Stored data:
· · · · · · ·

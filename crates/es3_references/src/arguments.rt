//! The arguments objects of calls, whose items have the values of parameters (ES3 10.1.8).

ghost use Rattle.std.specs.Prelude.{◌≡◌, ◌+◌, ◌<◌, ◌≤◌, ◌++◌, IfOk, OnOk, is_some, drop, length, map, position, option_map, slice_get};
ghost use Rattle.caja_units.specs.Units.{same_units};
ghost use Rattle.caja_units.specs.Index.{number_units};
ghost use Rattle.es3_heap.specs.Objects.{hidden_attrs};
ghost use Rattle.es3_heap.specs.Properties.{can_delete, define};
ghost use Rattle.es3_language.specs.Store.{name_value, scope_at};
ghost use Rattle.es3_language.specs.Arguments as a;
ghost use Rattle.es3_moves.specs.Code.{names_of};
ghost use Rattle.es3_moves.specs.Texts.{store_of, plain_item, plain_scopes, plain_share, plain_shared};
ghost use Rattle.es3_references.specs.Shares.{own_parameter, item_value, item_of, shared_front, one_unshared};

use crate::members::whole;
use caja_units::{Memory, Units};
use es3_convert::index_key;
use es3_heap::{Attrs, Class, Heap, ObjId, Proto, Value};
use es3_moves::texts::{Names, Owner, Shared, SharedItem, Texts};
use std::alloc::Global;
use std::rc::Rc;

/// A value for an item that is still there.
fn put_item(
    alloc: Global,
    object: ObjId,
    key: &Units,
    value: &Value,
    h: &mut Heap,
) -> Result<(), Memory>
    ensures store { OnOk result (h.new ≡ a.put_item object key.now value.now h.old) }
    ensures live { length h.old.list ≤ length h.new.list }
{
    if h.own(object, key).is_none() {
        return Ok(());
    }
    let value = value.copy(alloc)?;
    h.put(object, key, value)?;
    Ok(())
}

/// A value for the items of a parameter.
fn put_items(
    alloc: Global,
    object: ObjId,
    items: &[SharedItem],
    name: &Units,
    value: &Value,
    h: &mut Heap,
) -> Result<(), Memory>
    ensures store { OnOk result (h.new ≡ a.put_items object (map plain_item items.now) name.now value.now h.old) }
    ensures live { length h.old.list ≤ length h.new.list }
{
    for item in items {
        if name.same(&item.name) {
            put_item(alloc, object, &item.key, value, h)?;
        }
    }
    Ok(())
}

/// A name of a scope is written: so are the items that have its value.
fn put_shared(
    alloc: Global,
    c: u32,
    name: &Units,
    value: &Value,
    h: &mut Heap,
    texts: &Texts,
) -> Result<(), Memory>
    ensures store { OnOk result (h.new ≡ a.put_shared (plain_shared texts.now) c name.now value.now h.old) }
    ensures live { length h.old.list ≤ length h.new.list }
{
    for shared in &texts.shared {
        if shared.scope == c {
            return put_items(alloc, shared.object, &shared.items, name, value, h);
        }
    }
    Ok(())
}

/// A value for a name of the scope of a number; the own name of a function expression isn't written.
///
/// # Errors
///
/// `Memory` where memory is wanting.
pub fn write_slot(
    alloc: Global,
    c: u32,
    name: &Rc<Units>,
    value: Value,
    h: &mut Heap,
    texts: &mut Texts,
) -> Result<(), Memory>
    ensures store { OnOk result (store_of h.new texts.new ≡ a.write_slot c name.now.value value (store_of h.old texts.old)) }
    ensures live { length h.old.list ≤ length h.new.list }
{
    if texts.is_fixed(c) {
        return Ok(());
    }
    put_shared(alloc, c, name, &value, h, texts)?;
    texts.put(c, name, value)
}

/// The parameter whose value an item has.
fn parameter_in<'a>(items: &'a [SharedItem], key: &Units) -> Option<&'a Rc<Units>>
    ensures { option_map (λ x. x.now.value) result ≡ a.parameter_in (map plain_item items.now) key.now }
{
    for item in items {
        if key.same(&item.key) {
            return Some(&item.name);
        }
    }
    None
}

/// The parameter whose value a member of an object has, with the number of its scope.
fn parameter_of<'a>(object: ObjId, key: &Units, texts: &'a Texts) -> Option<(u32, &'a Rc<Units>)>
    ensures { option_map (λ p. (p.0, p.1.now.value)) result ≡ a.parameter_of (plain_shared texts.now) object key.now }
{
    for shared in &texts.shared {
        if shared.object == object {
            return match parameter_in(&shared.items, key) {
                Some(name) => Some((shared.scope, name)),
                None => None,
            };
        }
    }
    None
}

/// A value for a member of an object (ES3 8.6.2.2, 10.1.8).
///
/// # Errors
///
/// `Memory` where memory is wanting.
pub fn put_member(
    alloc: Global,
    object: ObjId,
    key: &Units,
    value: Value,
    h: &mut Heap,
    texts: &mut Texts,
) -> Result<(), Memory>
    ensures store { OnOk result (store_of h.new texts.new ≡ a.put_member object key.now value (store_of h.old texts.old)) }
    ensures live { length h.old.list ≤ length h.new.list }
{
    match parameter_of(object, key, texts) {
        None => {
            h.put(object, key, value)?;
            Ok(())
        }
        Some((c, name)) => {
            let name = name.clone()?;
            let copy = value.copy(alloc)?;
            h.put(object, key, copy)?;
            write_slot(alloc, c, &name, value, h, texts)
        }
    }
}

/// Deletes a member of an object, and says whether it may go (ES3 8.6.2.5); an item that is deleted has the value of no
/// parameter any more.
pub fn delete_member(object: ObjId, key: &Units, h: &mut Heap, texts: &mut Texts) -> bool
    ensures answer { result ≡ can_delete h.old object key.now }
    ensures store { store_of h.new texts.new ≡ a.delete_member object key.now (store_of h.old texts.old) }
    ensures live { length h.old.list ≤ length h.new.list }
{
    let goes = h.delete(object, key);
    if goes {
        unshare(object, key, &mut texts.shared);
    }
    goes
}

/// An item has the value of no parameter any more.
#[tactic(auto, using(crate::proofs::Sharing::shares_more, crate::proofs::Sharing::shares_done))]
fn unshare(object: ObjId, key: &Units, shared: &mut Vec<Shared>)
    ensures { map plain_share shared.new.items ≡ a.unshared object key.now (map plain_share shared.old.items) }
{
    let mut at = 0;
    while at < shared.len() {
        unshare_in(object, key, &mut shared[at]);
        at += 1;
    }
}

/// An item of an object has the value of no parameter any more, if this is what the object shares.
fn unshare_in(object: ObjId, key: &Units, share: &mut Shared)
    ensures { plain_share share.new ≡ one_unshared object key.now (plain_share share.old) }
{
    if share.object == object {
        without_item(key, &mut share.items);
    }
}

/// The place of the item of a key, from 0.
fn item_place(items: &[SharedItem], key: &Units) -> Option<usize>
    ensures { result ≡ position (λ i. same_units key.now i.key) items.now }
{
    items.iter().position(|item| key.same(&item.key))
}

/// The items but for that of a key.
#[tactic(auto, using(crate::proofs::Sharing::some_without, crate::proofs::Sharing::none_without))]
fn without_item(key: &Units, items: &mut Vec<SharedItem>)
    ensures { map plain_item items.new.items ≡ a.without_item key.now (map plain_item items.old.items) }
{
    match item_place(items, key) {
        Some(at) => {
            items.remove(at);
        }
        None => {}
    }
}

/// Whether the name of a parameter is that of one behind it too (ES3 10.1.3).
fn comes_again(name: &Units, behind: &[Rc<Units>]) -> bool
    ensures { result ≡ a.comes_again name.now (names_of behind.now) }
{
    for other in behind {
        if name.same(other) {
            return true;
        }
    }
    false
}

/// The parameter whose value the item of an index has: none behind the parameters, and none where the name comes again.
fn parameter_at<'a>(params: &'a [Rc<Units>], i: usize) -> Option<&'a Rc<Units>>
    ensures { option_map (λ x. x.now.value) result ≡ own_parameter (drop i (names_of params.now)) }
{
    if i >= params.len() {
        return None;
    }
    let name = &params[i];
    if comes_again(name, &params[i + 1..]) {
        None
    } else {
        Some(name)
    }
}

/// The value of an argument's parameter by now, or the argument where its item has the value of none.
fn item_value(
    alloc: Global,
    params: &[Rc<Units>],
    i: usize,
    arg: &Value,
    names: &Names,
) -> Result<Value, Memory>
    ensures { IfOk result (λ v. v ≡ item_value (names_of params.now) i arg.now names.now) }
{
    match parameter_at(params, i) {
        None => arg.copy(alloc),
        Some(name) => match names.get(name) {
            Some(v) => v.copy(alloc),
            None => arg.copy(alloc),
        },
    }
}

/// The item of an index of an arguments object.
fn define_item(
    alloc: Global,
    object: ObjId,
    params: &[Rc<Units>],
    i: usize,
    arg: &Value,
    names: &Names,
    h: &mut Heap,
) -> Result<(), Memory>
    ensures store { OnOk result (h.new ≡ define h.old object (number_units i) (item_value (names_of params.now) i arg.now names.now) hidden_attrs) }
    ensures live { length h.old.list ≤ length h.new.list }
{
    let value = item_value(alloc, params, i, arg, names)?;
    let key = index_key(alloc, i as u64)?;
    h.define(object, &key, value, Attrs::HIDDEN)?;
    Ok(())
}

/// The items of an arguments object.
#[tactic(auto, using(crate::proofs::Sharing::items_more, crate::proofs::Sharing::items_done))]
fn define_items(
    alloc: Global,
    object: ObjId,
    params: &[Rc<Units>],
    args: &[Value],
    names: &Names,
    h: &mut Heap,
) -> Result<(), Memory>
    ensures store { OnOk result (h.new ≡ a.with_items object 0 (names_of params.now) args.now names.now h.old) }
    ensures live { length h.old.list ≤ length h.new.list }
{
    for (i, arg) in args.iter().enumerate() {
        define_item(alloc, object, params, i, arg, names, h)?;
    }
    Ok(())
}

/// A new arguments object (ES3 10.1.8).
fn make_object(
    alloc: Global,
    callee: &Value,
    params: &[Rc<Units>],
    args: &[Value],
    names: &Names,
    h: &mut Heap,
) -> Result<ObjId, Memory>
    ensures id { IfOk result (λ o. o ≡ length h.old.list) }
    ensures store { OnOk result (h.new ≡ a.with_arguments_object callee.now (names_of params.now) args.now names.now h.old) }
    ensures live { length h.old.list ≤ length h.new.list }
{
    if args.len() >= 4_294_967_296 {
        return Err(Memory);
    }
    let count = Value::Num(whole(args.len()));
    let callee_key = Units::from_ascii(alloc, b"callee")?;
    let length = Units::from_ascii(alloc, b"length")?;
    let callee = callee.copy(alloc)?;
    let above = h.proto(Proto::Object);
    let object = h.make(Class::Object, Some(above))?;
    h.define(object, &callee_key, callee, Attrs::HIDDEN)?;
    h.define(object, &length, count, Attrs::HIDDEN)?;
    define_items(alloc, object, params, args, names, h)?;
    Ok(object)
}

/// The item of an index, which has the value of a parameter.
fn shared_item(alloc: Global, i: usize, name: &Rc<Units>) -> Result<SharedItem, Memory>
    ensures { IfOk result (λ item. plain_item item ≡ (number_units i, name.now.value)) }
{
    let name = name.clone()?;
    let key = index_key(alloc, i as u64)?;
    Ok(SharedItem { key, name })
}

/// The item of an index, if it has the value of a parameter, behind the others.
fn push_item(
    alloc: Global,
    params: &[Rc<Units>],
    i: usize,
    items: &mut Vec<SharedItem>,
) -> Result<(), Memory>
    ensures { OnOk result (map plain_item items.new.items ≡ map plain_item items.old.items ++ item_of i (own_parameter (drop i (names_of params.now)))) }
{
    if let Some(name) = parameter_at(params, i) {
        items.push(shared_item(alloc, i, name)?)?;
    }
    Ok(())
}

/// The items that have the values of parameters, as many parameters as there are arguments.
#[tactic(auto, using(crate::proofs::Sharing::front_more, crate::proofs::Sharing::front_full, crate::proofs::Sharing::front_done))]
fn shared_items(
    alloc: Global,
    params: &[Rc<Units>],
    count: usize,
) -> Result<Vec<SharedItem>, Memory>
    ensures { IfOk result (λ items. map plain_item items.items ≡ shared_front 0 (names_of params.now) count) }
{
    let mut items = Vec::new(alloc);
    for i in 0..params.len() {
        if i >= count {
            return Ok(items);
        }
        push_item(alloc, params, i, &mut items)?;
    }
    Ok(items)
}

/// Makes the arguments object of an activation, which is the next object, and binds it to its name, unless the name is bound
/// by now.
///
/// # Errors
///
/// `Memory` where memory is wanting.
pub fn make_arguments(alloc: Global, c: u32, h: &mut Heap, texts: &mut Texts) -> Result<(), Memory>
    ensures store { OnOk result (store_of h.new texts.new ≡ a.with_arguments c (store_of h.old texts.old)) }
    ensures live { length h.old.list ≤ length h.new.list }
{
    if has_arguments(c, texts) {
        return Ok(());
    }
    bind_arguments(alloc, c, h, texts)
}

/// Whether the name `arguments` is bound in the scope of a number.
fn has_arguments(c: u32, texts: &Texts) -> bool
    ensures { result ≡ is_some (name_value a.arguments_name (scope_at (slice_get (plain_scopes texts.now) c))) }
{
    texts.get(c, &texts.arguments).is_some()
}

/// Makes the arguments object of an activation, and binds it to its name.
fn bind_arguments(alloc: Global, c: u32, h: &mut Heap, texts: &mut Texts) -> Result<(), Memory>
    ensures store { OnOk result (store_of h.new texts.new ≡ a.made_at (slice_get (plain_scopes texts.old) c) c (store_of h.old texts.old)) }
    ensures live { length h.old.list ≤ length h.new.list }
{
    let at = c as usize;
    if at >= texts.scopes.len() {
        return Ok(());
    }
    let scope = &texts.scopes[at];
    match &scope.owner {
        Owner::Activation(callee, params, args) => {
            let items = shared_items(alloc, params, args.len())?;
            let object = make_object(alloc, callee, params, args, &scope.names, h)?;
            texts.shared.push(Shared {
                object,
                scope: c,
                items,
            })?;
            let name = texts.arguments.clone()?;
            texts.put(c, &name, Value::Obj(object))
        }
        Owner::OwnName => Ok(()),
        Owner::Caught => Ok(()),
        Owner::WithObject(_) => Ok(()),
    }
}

· · · · · · ·

:: Instructions to follow ::
Word for word, restate the lines of the data above that fall between the line holding "Some((c, name)) =>" and the line holding "that of a key.", inclusive, and no other lines.

:: Answer to this problem ::
        Some((c, name)) => {
            let name = name.clone()?;
            let copy = value.copy(alloc)?;
            h.put(object, key, copy)?;
            write_slot(alloc, c, &name, value, h, texts)
        }
    }
}

/// Deletes a member of an object, and says whether it may go (ES3 8.6.2.5); an item that is deleted has the value of no
/// parameter any more.
pub fn delete_member(object: ObjId, key: &Units, h: &mut Heap, texts: &mut Texts) -> bool
    ensures answer { result ≡ can_delete h.old object key.now }
    ensures store { store_of h.new texts.new ≡ a.delete_member object key.now (store_of h.old texts.old) }
    ensures live { length h.old.list ≤ length h.new.list }
{
    let goes = h.delete(object, key);
    if goes {
        unshare(object, key, &mut texts.shared);
    }
    goes
}

/// An item has the value of no parameter any more.
#[tactic(auto, using(crate::proofs::Sharing::shares_more, crate::proofs::Sharing::shares_done))]
fn unshare(object: ObjId, key: &Units, shared: &mut Vec<Shared>)
    ensures { map plain_share shared.new.items ≡ a.unshared object key.now (map plain_share shared.old.items) }
{
    let mut at = 0;
    while at < shared.len() {
        unshare_in(object, key, &mut shared[at]);
        at += 1;
    }
}

/// An item of an object has the value of no parameter any more, if this is what the object shares.
fn unshare_in(object: ObjId, key: &Units, share: &mut Shared)
    ensures { plain_share share.new ≡ one_unshared object key.now (plain_share share.old) }
{
    if share.object == object {
        without_item(key, &mut share.items);
    }
}

/// The place of the item of a key, from 0.
fn item_place(items: &[SharedItem], key: &Units) -> Option<usize>
    ensures { result ≡ position (λ i. same_units key.now i.key) items.now }
{
    items.iter().position(|item| key.same(&item.key))
}

/// The items but for that of a key.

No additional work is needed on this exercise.